Thank you, Alte Dame, for your insight. You are right, I should just focus on the most important things in my life, and I cannot drag him along. He will do what he wants, and if its the right thing for me, we will grow together. I am a great mom & my children NEVER see us fight, but I know if I wasnt worried & caught up in all this- I could be an even better mom


----------



## warlock07 (Oct 28, 2011)

Exsquid said:


> First off you both cheated. Just because your husband gave you permission to "experiment" doesn't mean that you are not at fault here. IMO you guys are equally responsible for the current state of your marriage. The only thing you guys should do now is get a well qualified marriage counselor. recommit to each other and see how things pan out. The other alternative would be divorce.
> 
> The bottom line is both of you have been irresponsible and you must work through this together or dissolve this marriage.
> 
> Just my thoughts. I wish you luck.


Cheating means deception.

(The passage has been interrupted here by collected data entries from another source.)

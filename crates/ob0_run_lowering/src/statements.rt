//! Lowers statements.
//!
//! Each loop visits the parts of a tree: statements, branches or arguments. Its invariant
//! (`SequenceMade`, `BranchesMade`, `ArgumentsMade`) is about the code so far, followed by any
//! correct code for the remaining parts. Together they are correct code for all parts. At the end
//! of the loop no part remains, so the code so far is correct for all of them. An empty statement
//! has no code, so there may be fewer instructions than statements.

ghost use Rattle.std.specs.Prelude.{◌≡◌, ◌++◌, IfOk, OnOk, option_map, option_to_list};
ghost use Rattle.ob0_tree.specs.View as view;
ghost use Rattle.ob0_tree.specs.View.{body_of, if_of, sequence_of_vec};
ghost use Rattle.ob0_scope_table.specs.LabelledTrees.{tree_with_labels};
ghost use Rattle.ob0_run_machine.specs.LoweredCodeViews.{sequence_of, statement_of};
ghost use Rattle.ob0_run_lowering.specs.LoweredBodies.{LowersBody, LowersOptionalStatement, LowersSequence, LowersStatement};

use crate::Scene;
use crate::lowered_assignments::lower_assignment;
use crate::lowered_calls::lower_call_statement;
use ob0_run_machine::code;
use ob0_tree::{If, Statement};
use std::alloc::{AllocError, Global};

/// Returns the code of a block's statements. The code is empty if the block has no BEGIN.
pub fn lower_body(
    alloc: Global,
    scene: &Scene<'_, '_, '_>,
    statements: &Option<Vec<Statement>>,
) -> Result<Vec<code::Instruction>, AllocError>
    ensures { IfOk result (λ made. LowersBody scene.now (sequence_of made.items)
        (tree_with_labels scene.now.resolved.now (body_of statements.now))) }
{
    match statements {
        None => Ok(Vec::new(alloc)),
        Some(statements) => lower_sequence(alloc, scene, statements),
    }
}

/// Adds the code of a statement at the end of a list. Does nothing for None, which is the code of
/// an empty statement.
fn push_optional_instruction(
    made: &mut Vec<code::Instruction>,
    next: Option<code::Instruction>,
) -> Result<(), AllocError>
    ensures { OnOk result (made.new.items ≡ made.old.items ++ option_to_list next) }
{
    match next {
        None => Ok(()),
        Some(next) => {
            made.push(next)?;
            Ok(())
        }
    }
}

/// Returns the code of a statement, or None if the statement is empty.
#[cycle(statements)]
fn lower_statement(
    alloc: Global,
    scene: &Scene<'_, '_, '_>,
    s: &Statement,
) -> Result<Option<code::Instruction>, AllocError>
    ensures { IfOk result (λ made. LowersOptionalStatement scene.now (option_map statement_of made)
        (tree_with_labels scene.now.resolved.now (view.statement_of s.now))) }
{
    match s {
        Statement::Empty => Ok(None),
        Statement::Assign(a) => Ok(Some(lower_assignment(alloc, scene, a)?)),
        Statement::Call(c) => Ok(Some(lower_call_statement(alloc, scene, c)?)),
        Statement::If(i) => Ok(Some(lower_if(alloc, scene, i)?)),
        Statement::While(w) => {
            let condition = scene.lower_to_truth(alloc, &w.condition)?;
            let body = lower_sequence(alloc, scene, &w.body)?;
            Ok(Some(code::Instruction::While(code::WhileLoop { condition, body })))
        }
        Statement::Repeat(r) => {
            let body = lower_sequence(alloc, scene, &r.body)?;
            let condition = scene.lower_to_truth(alloc, &r.condition)?;
            Ok(Some(code::Instruction::Repeat(code::RepeatLoop { body, condition })))
        }
    }
}

/// Returns the code of a list of statements, in order. Empty statements are left out.
#[cycle(statements)]
fn lower_sequence(
    alloc: Global,
    scene: &Scene<'_, '_, '_>,
    statements: &Vec<Statement>,
) -> Result<Vec<code::Instruction>, AllocError>
    ensures { IfOk result (λ made. LowersSequence scene.now (sequence_of made.items)
        (tree_with_labels scene.now.resolved.now (sequence_of_vec statements.now))) }
{
    let mut made = Vec::new(alloc);
    for s in statements {
        let next = lower_statement(alloc, scene, s)?;
        push_optional_instruction(&mut made, next)?;
    }
    Ok(made)
}

/// Returns the code of an IF with its ELSIF parts and its ELSE part.
#[cycle(statements)]
fn lower_if(
    alloc: Global,
    scene: &Scene<'_, '_, '_>,
    i: &If,
) -> Result<code::Instruction, AllocError>
    ensures { IfOk result (λ made. LowersStatement scene.now (statement_of made)
        (tree_with_labels scene.now.resolved.now (if_of i.now))) }
{
    let first = scene.lower_to_truth(alloc, &i.condition)?;
    let then = lower_sequence(alloc, scene, &i.then)?;
    let mut others = Vec::new(alloc);
    for part in &i.elsifs {
        let condition = scene.lower_to_truth(alloc, &part.condition)?;
        let body = lower_sequence(alloc, scene, &part.then)?;
        others.push(code::Branch { condition, body })?;
    }
    match &i.otherwise {
        None => Ok(code::Instruction::If(code::Conditional {
            condition: first,
            body: then,
            others,
            otherwise: Vec::new(alloc),
        })),
        Some(statements) => {
            let otherwise = lower_sequence(alloc, scene, statements)?;
            Ok(code::Instruction::If(code::Conditional {
                condition: first,
                body: then,
                others,
                otherwise,
            }))
        }
    }
}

Having n open relationship was a stupid move to fix the marriage but I don't think she cheated.


----------



## Exsquid (Jul 31, 2012)

warlock07 said:


> Cheating means deception. Having n open relationship was a stupid move to fix the marriage but I don't think she cheated.



You make a valid point but I am sure some would view this as cheating. This not the place to have such a discussion I am sure in another thread this would be a hotly debated question.

I would be curious what the OP thinks. Does she feel that she cheated on her husband? It is possible that she thinks she has? Does her husband view her actions as cheating? Yes he gave her permission but he may still feel she cheated on him. It doesn't matter much what we think. It depends on how the husband and wife view their situation. 

It's also possible that the OP feels her marriage could survive because of the "even score". This of course depends on whether or not the husband has infarct retaliated against her for "evening things up". I don't know. It seems the OP wishes to save her marriage. As is the case with every attempted R, both parties have to be willing to recommit to each other and no one else.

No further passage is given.